The world now, perhaps more than ever, needs its Dadirri. On Saturday, the probable next leader of the free world came within an inch of being assassinated. America and the West have become a broiling pot of angst, and the evasiveness and inhumanity that angst breeds. COVID was, for many of us, a rude awakening to the fact that we could perhaps not trust the people we had elected, and the institutions we had built, to serve us. The world of politics seems to be beset by dry-rot, and everything stinks of decay. Debate has become desperate. The media is probably lying. People feel deceived and vulnerable. The desperation is sizzling.
I, personally, am going through a little time of my own chaos. I am in the early stages of marketing a novel I wrote, spending time every day learning the ins and outs of advertising a book. Every day I make mistakes, every day I hurry down some new dead-end; I often doubt myself. The uncertainty in me seems to magnify my perception of the world’s uncertainty. From time to time I feel hemmed in.

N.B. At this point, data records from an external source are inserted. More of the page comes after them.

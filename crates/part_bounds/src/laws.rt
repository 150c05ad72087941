//! Laws over all games, parts and pebblings. A call does nothing: its contract is the law.
ghost use Rattle.part_bounds.specs.Laws.{CutsAreDags, CutsArePebbled, PartsArePebbled, PartsCostNoMore, PartsCostAll, SumsAreBounds, GraphsAreInduced, GamesAreInduced, PartsAreGames};

/// The moves of a complete pebbling on some vertices are a complete pebbling of the game on these vertices, and so are those on a part.
pub fn parts_are_pebbled()
    ensures dags { CutsAreDags }
    ensures cuts { CutsArePebbled }
    ensures parts { PartsArePebbled }
{}

/// Together the moves on the parts cost no more than all moves, and just as much where all are on vertices of the graph. So where no
/// complete pebbling of a part costs less than its bound, none of the game costs less than the sum of the bounds.
pub fn bounds_add_up()
    ensures costs { PartsCostNoMore }
    ensures all { PartsCostAll }
    ensures bounds { SumsAreBounds }
{}

/// The graph of some of the vertices is a graph, and as the game sees it the one that is cut. So the game on them is a game, which is never
/// too small, and the laws of parts speak of it.
pub fn parts_are_games()
    ensures graphs { GraphsAreInduced }
    ensures games { GamesAreInduced }
    ensures parts { PartsAreGames }
{}
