//! The moves of a plan.
ghost use Rattle.std.specs.Prelude.{◌≡◌, ◌<◌, ◌≤◌, ◌++◌, length, map, IfOk, OnOk};
ghost use Rattle.comp_graph.specs.Vertices.{rising};
ghost use Rattle.comp_graph.specs.Games.{game_of};
ghost use Rattle.normal_steps.specs.Steps.{IsStep};
ghost use Rattle.normal_steps.specs.declared.step.Step.{Step};
ghost use Rattle.normal_steps.specs.PlanMoves.{step_moves, finish_moves};
ghost use Rattle.slot_alloc.specs.PlanCode.{plan_moves};

use comp_graph::{Game, NoMemory, VertexSet};
use normal_steps::{Plan, Step, after};
use pebble_rules::{Move, Position};
use std::alloc::Global;

/// The moves of a plan, in order, those of the finish at the end, or want of memory. They are a complete pebbling of the plan's cost.
pub fn plan_moves<'g>(alloc: Global, plan: &Plan<'g>) -> Result<Vec<Move>, NoMemory>
    ensures { IfOk result (λ moves. moves.items ≡ plan_moves plan.now) }
{
    let game = plan.game();
    let mut position = Position::start(game);
    let mut moves = Vec::new(alloc);
    for step in plan.steps() {
        add_step(&mut moves, game, &position, *step)?;
        position = after(game, &position, *step);
    }
    add_finish(&mut moves, game, &position)?;
    Ok(moves)
}

// The moves of a legal step.
fn add_step(
    moves: &mut Vec<Move>,
    game: &Game,
    position: &Position,
    step: Step,
) -> Result<(), NoMemory>
    requires { IsStep (game_of game.now) position.now step }
    ensures { OnOk result (moves.new.items ≡ moves.old.items ++ step_moves (game_of game.now) position.now step) }
{
    match step {
        Step::Work(v) => add_work(moves, game, position, v),
        Step::Drop(u) => {
            moves.push(Move::DropRed(u))?;
            Ok(())
        }
        Step::Spill(u) => {
            moves.push(Move::Store(u))?;
            moves.push(Move::DropRed(u))?;
            Ok(())
        }
    }
}

// A load of each predecessor that is not red, and the computation.
fn add_work(moves: &mut Vec<Move>, game: &Game, position: &Position, v: u16) -> Result<(), NoMemory>
    requires { IsStep (game_of game.now) position.now (Step.Work v) }
    ensures { OnOk result (moves.new.items ≡ moves.old.items ++ step_moves (game_of game.now) position.now (Step.Work v)) }
{
    let graph = game.graph();
    let missing = graph.preds(v).minus(&position.red);
    add_loads(moves, &missing, graph.len())?;
    moves.push(Move::Compute(v))?;
    Ok(())
}

// A store of each output that is not blue.
fn add_finish(moves: &mut Vec<Move>, game: &Game, position: &Position) -> Result<(), NoMemory>
    ensures { OnOk result (moves.new.items ≡ moves.old.items ++ finish_moves (game_of game.now) position.now) }
{
    let graph = game.graph();
    let missing = graph.out_set().minus(&position.blue);
    add_stores(moves, &missing, graph.len())
}

// A load of each member of a set of vertices below `count`, in rising number.
fn add_loads(moves: &mut Vec<Move>, vertices: &VertexSet, count: u16) -> Result<(), NoMemory>
    requires { count ≤ 256 }
    ensures { OnOk result (moves.new.items ≡ moves.old.items ++ map Move.Load (rising count vertices.now)) }
{
    for u in 0..count {
        if vertices.has(u) {
            moves.push(Move::Load(u))?;
        }
    }
    Ok(())
}

// A store of each member of a set of vertices below `count`, in rising number.
fn add_stores(moves: &mut Vec<Move>, vertices: &VertexSet, count: u16) -> Result<(), NoMemory>
    requires { count ≤ 256 }
    ensures { OnOk result (moves.new.items ≡ moves.old.items ++ map Move.Store (rising count vertices.now)) }
{
    for v in 0..count {
        if vertices.has(v) {
            moves.push(Move::Store(v))?;
        }
    }
    Ok(())
}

But I have Dadirri. I have a way out, which is really a way in. I have a decade of meditation behind me; on my altar at home I have a photo of my teacher, to remind me of what matters to me. I also have a photo of Ramana Maharshi, whose eyes spell Dadirri. I have books by Eckhart Tolle and Prem Baba. I have nature, I have the sea. I have learned many paths to the sanctuary within me, and I am confident of finding it when I need. That confidence gives me the strength to continue, to take chances, to sink deeper and deeper into the life I am meant to lead. That confidence gives me the strength to be me, as well as the strength to look at other people, and really see. It is a strength we all need - the world now, more than anything, needs its Dadirri.